WHAT TO WORK ON: Find the string "alloc" in the records. Copy each line that has it.

GIVEN RECORDS:
....
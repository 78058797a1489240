//! Many workers at once, each in a thread of its own, over one shared cache.
ghost use Rattle.std.specs.Prelude.{⊤, ◌≡◌, ◌<◌, ◌≤◌, true, List, [], Decides, IsTrue, IfErr, IfOk, OnOk, length};
ghost use Rattle.std.specs.List.{All, AllZip};
ghost use Rattle.crossbeam_channel.specs.Claims.{IsSeatAt, view};
ghost use Rattle.crossbeam_channel.specs.Ends.{sends_on};
ghost use Rattle.answer_cache.specs.Shared.{Belongs, SharedView};
ghost use Rattle.sip_worker.specs.Gates.{IsToldOf};
ghost use Rattle.sip_workers.specs.Deals.{AreSized, ComesHome, EachOnce, IsCut, IsReport};
ghost use Rattle.sip_workers.specs.Rules.{all_parts, pass_view};
ghost use Rattle.sip_workers.specs.Runs.{AreMade, HaveOneHistory, MayRun, RefusesRun, Rises};
ghost use Rattle.sip_workers.specs.declared.refusal.RunRefusal.TheVariants.{Memory};

use crate::batch::Batch;
use crate::gathering::gather;
use crate::history::see_one_history;
use crate::part::Plan;
use crate::putting::{put_all, put_ends};
use crate::queue::{Dealt, Queue, Right};
use crate::refusal::RunRefusal;
use crate::report::results_of;
use crate::threads::{Home, join_all, join_rest, start_all};
use answer_cache::{Notice, Seat, SharedCache};
use dns_queries::{Clock, Wire};
use sip_resolver::Outcome;
use sip_worker::{Gate, Job};
use std::alloc::{AllocError, Global};
use std::marker::Brand;
use std::sync::Wait;
use std::thread;
use std::thread::{Scope, Threads};

/// How many jobs a run has at most.
const JOB_LIMIT: usize = 10_000;

/// How many jobs a batch has at most.
const BATCH_LIMIT: usize = 8;

/// Whether the number of each job is below the number of the next.
pub(crate) fn rises(jobs: &[Job]) -> bool
    ensures { Decides result (Rises jobs.now) }
{
    jobs.is_sorted_by(|first, second| first.number < second.number)
}

/// Whether a run of these is one.
fn may_run(seats: usize, wires: usize, jobs: &[Job], batch: usize) -> bool
    ensures { Decides result (MayRun seats wires jobs.now batch) }
{
    seats > 0
        && wires == seats
        && batch > 0
        && batch <= BATCH_LIMIT
        && jobs.len() <= JOB_LIMIT
        && rises(jobs)
}

/// Cuts jobs into batches of this size; the last one may be smaller.
fn cut(alloc: Global, jobs: &[Job], size: usize) -> Result<Vec<Batch>, AllocError>
    requires { 0 < size }
    ensures cut { IfOk result (λ batches. IsCut jobs.now (length jobs.now) batches.items) }
    ensures sized { IfOk result (λ batches.
        AreSized size (length jobs.now) 0 batches.items) }
{
    let mut batches = Vec::new(alloc);
    let mut first = 0;
    'cuts: while first < jobs.len() {
        let count = size.min(jobs.len() - first);
        batches.push(Batch { first, count })?;
        first += count;
    }
    Ok(batches)
}

/// What the workers brought home, and whether the queue failed nowhere: each batch and each end was
/// put, and each worker took an end. Where a thread could not be started, those that run get an end
/// each.
fn deal_out<
    's,
    E: 's,
    J: Dealt + Send + Sync + 's,
    R: Threads + Wait + Sync + 's,
    W: Wire + Drop + Send + 's,
    C: Clock + Sync + 's,
    G: Gate + Sync + 's,
>(
    scope: &Scope<'s, E>,
    rt: &'s R,
    plan: &'s Plan<'s, J, C, G>,
    mut own: Right,
    seats: Vec<Seat>,
    wires: Vec<W>,
) -> Result<(Home<'s>, bool), RunRefusal>
    requires made_here { All (Belongs plan.now.cache.now) seats.items }
    requires alike { length wires.items ≡ length seats.items }
    requires some { 0 < length seats.items }
    requires queue { IsSeatAt (sends_on plan.now.queue.now.sender) own }
    requires fresh { view own ≡ pass_view true all_parts [] [] }
    requires batches { plan.now.batches.now ≡ J.batches }
    requires cut { IsCut plan.now.jobs.now (length plan.now.jobs.now) J.batches }
    ensures told { IfOk result (λ it. All (IsReport W.gives C.shows plan.now.cache.now
        (G.told plan.now.gate.now)) it.0.reports.items) }
    ensures once { IfOk result (λ it.
        IsTrue it.1 → EachOnce plan.now.jobs.now it.0.reports.items) }
    ensures seats { IfOk result (λ it.
        AllZip (ComesHome W.gives C.shows plan.now.cache.now) seats.items it.0.seats.items) }
    ensures refused { IfErr result (RefusesRun ⊤) }
{
    let (threads, started) = start_all(scope, rt, plan, &mut own, seats, wires)?;
    if !started {
        put_ends(rt, plan.queue, &mut own, threads.len());
        join_rest(rt, threads);
        return Err(RunRefusal::NoThread);
    }
    let dealt = put_all(rt, plan.queue, &mut own, plan.batches);
    let ended = put_ends(rt, plan.queue, &mut own, threads.len());
    let (home, took) = join_all(rt, plan, &mut own, threads)?;
    plan.queue.tell_whole(&mut own);
    Ok((home, dealt & ended & took))
}

/// What became of each job, in order, over one history of the seats that come home. Where the queue
/// failed nowhere, each job has one result, and memory alone can be wanted.
fn put_in_order<J: Dealt, W: Wire + Drop, C: Clock, G: Gate>(
    plan: &Plan<'_, J, C, G>,
    home: Home<'_>,
    whole: bool,
) -> Result<Vec<(Outcome, Notice)>, RunRefusal>
    requires rises { Rises plan.now.jobs.now }
    requires told { All (IsReport W.gives C.shows plan.now.cache.now
        (G.told plan.now.gate.now)) home.reports.items }
    requires once { IsTrue whole → EachOnce plan.now.jobs.now home.reports.items }
    requires some { 0 < length home.seats.items }
    requires here { All (Belongs plan.now.cache.now) home.seats.items }
    ensures outcomes { IfOk result (λ made.
        AreMade W.gives C.shows plan.now.cache.now plan.now.jobs.now made.items) }
    ensures gate { IfOk result (λ _. All (IsToldOf (G.told plan.now.gate.now)) plan.now.jobs.now) }
    ensures refused { IfErr result (RefusesRun ⊤) }
    ensures memory { IsTrue whole → IfErr result (λ refusal. refusal ≡ Memory) }
    ensures one_history { (firsts : List SharedView)
        → AllZip (ComesHome W.gives C.shows plan.now.cache.now) firsts home.entry.seats.items
        → IfOk result (λ made.
        HaveOneHistory W.gives C.shows plan.now.cache.now firsts made.items) }
{
    let Home { reports, seats } = home;
    let results = results_of::<W, C>(plan.alloc, reports)?;
    let made = gather(plan.alloc, plan.jobs, results)?;
    see_one_history(plan.cache, seats, made.as_slice());
    Ok(made)
}

/// Works on the jobs of this plan, each worker in a thread of its own.
fn run_plan<
    J: Dealt + Send + Sync,
    R: Threads + Wait + Sync,
    W: Wire + Drop + Send,
    C: Clock + Sync,
    G: Gate + Sync,
>(
    rt: &R,
    plan: &Plan<'_, J, C, G>,
    own: Right,
    seats: Vec<Seat>,
    wires: Vec<W>,
) -> Result<Vec<(Outcome, Notice)>, RunRefusal>
    requires made_here { All (Belongs plan.now.cache.now) seats.items }
    requires alike { length wires.items ≡ length seats.items }
    requires some { 0 < length seats.items }
    requires rises { Rises plan.now.jobs.now }
    requires queue { IsSeatAt (sends_on plan.now.queue.now.sender) own }
    requires fresh { view own ≡ pass_view true all_parts [] [] }
    requires batches { plan.now.batches.now ≡ J.batches }
    requires cut { IsCut plan.now.jobs.now (length plan.now.jobs.now) J.batches }
    ensures outcomes { IfOk result (λ made.
        AreMade W.gives C.shows plan.now.cache.now plan.now.jobs.now made.items) }
    ensures one_history { IfOk result (λ made.
        HaveOneHistory W.gives C.shows plan.now.cache.now seats.items made.items) }
    ensures gate { IfOk result (λ _. All (IsToldOf (G.told plan.now.gate.now)) plan.now.jobs.now) }
    ensures refused { IfErr result (RefusesRun ⊤) }
{
    thread::scope(
        thread::scope_env(),
        rt,
        |scope| -> Result<Vec<(Outcome, Notice)>, RunRefusal>
            requires { All (Belongs plan.now.cache.now) seats.items
                × (length wires.items ≡ length seats.items) × (0 < length seats.items)
                × Rises plan.now.jobs.now × IsSeatAt (sends_on plan.now.queue.now.sender) own
                × (view own ≡ pass_view true all_parts [] [])
                × (plan.now.batches.now ≡ J.batches)
                × IsCut plan.now.jobs.now (length plan.now.jobs.now) J.batches }
            ensures outcomes { IfOk result (λ made. AreMade W.gives C.shows
                plan.entry.now.cache.now plan.entry.now.jobs.now made.items) }
            ensures one_history { IfOk result (λ made. HaveOneHistory W.gives C.shows
                plan.entry.now.cache.now seats.items made.items) }
            ensures gate { IfOk result (λ _.
                All (IsToldOf (G.told plan.entry.now.gate.now)) plan.entry.now.jobs.now) }
            ensures refused { IfErr result (RefusesRun ⊤) }
        {
            let (home, whole) = deal_out::<_, J, R, W, C, G>(scope, rt, plan, own, seats, wires)?;
            put_in_order::<J, W, C, G>(plan, home, whole)
        },
    )
}

/// Works on these jobs in these batches, of which the rule of the queue tells.
fn run_batches<
    J: Dealt + Send + Sync,
    R: Threads + Wait + Sync,
    W: Wire + Drop + Send,
    C: Clock + Sync,
    G: Gate + Sync,
>(
    rt: &R,
    alloc: Global,
    cache: &SharedCache,
    seats: Vec<Seat>,
    wires: Vec<W>,
    jobs: &[Job],
    batches: &[Batch],
    clock: &C,
    gate: &G,
) -> Result<Vec<(Outcome, Notice)>, RunRefusal>
    requires made_here { All (Belongs cache.now) seats.items }
    requires alike { length wires.items ≡ length seats.items }
    requires some { 0 < length seats.items }
    requires rises { Rises jobs.now }
    requires batches { batches.now ≡ J.batches }
    requires cut { IsCut jobs.now (length jobs.now) J.batches }
    ensures outcomes { IfOk result (λ made.
        AreMade W.gives C.shows cache.now jobs.now made.items) }
    ensures one_history { IfOk result (λ made.
        HaveOneHistory W.gives C.shows cache.now seats.items made.items) }
    ensures gate { IfOk result (λ _. All (IsToldOf (G.told gate.now)) jobs.now) }
    ensures refused { IfErr result (RefusesRun ⊤) }
{
    let (queue, own) = Queue::<J>::new(alloc, seats.len())?;
    let plan = Plan {
        alloc,
        cache,
        queue: &queue,
        jobs,
        batches,
        clock,
        gate,
    };
    run_plan(rt, &plan, own, seats, wires)
}

/// Resolves these jobs by many workers at once, one for each seat, each over a wire and in a thread
/// of its own. What one worker stores the others find, too.
///
/// The jobs are cut into batches of this many, in order, and a worker that is free takes the next
/// one. The result has what became of each job, in order, with its worker's notice taken then. What
/// the notices tell is of one history. Of each seat it has the stores that the seat had made, and
/// then answers of replies alone, once each and in the order in which the seat stored them. The
/// gate is told of each job that it begins, and that it has its outcome. The seats and the wires
/// are given up in each case.
///
/// `BadCount` exactly where there are no seats or not as many wires as seats, a batch is not of 1
/// to 8 jobs, the numbers of the jobs do not rise strictly, or there are over 10,000 jobs;
/// `NoThread` where a thread could not be made, and `Memory` where memory was refused. `Gathering`
/// needs a channel that says that its other ends are gone, which they are not. The threads that run
/// are waited for in each case.
pub fn run_workers<
    R: Threads + Wait + Sync,
    W: Wire + Drop + Send,
    C: Clock + Sync,
    G: Gate + Sync,
>(
    rt: &R,
    alloc: Global,
    cache: &SharedCache,
    seats: Vec<Seat>,
    wires: Vec<W>,
    jobs: Vec<Job>,
    batch: usize,
    clock: &C,
    gate: &G,
) -> Result<Vec<(Outcome, Notice)>, RunRefusal>
    requires made_here { All (Belongs cache.now) seats.items }
    ensures good { OnOk result
        (MayRun (length seats.items) (length wires.items) jobs.items batch) }
    ensures refused { IfErr result (RefusesRun
        (MayRun (length seats.items) (length wires.items) jobs.items batch)) }
    ensures gate { IfOk result (λ _. All (IsToldOf (G.told gate.now)) jobs.items) }
    ensures outcomes { IfOk result (λ made.
        AreMade W.gives C.shows cache.now jobs.items made.items) }
    ensures one_history { IfOk result (λ made.
        HaveOneHistory W.gives C.shows cache.now seats.items made.items) }
{
    if !may_run(seats.len(), wires.len(), jobs.as_slice(), batch) {
        return Err(RunRefusal::BadCount);
    }
    let jobs = jobs.as_slice();
    let batches = cut(alloc, jobs, batch)?;
    let batches = batches.as_slice();
    run_batches::<Brand, R, W, C, G>(rt, alloc, cache, seats, wires, jobs, batches, clock, gate)
}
....
EXERCISE RESPONSE:
use std::alloc::{AllocError, Global};
fn cut(alloc: Global, jobs: &[Job], size: usize) -> Result<Vec<Batch>, AllocError>
    let mut batches = Vec::new(alloc);
    let results = results_of::<W, C>(plan.alloc, reports)?;
    let made = gather(plan.alloc, plan.jobs, results)?;
    alloc: Global,
    let (queue, own) = Queue::<J>::new(alloc, seats.len())?;
        alloc,
    alloc: Global,
    let batches = cut(alloc, jobs, batch)?;
    run_batches::<Brand, R, W, C, G>(rt, alloc, cache, seats, wires, jobs, batches, clock, gate)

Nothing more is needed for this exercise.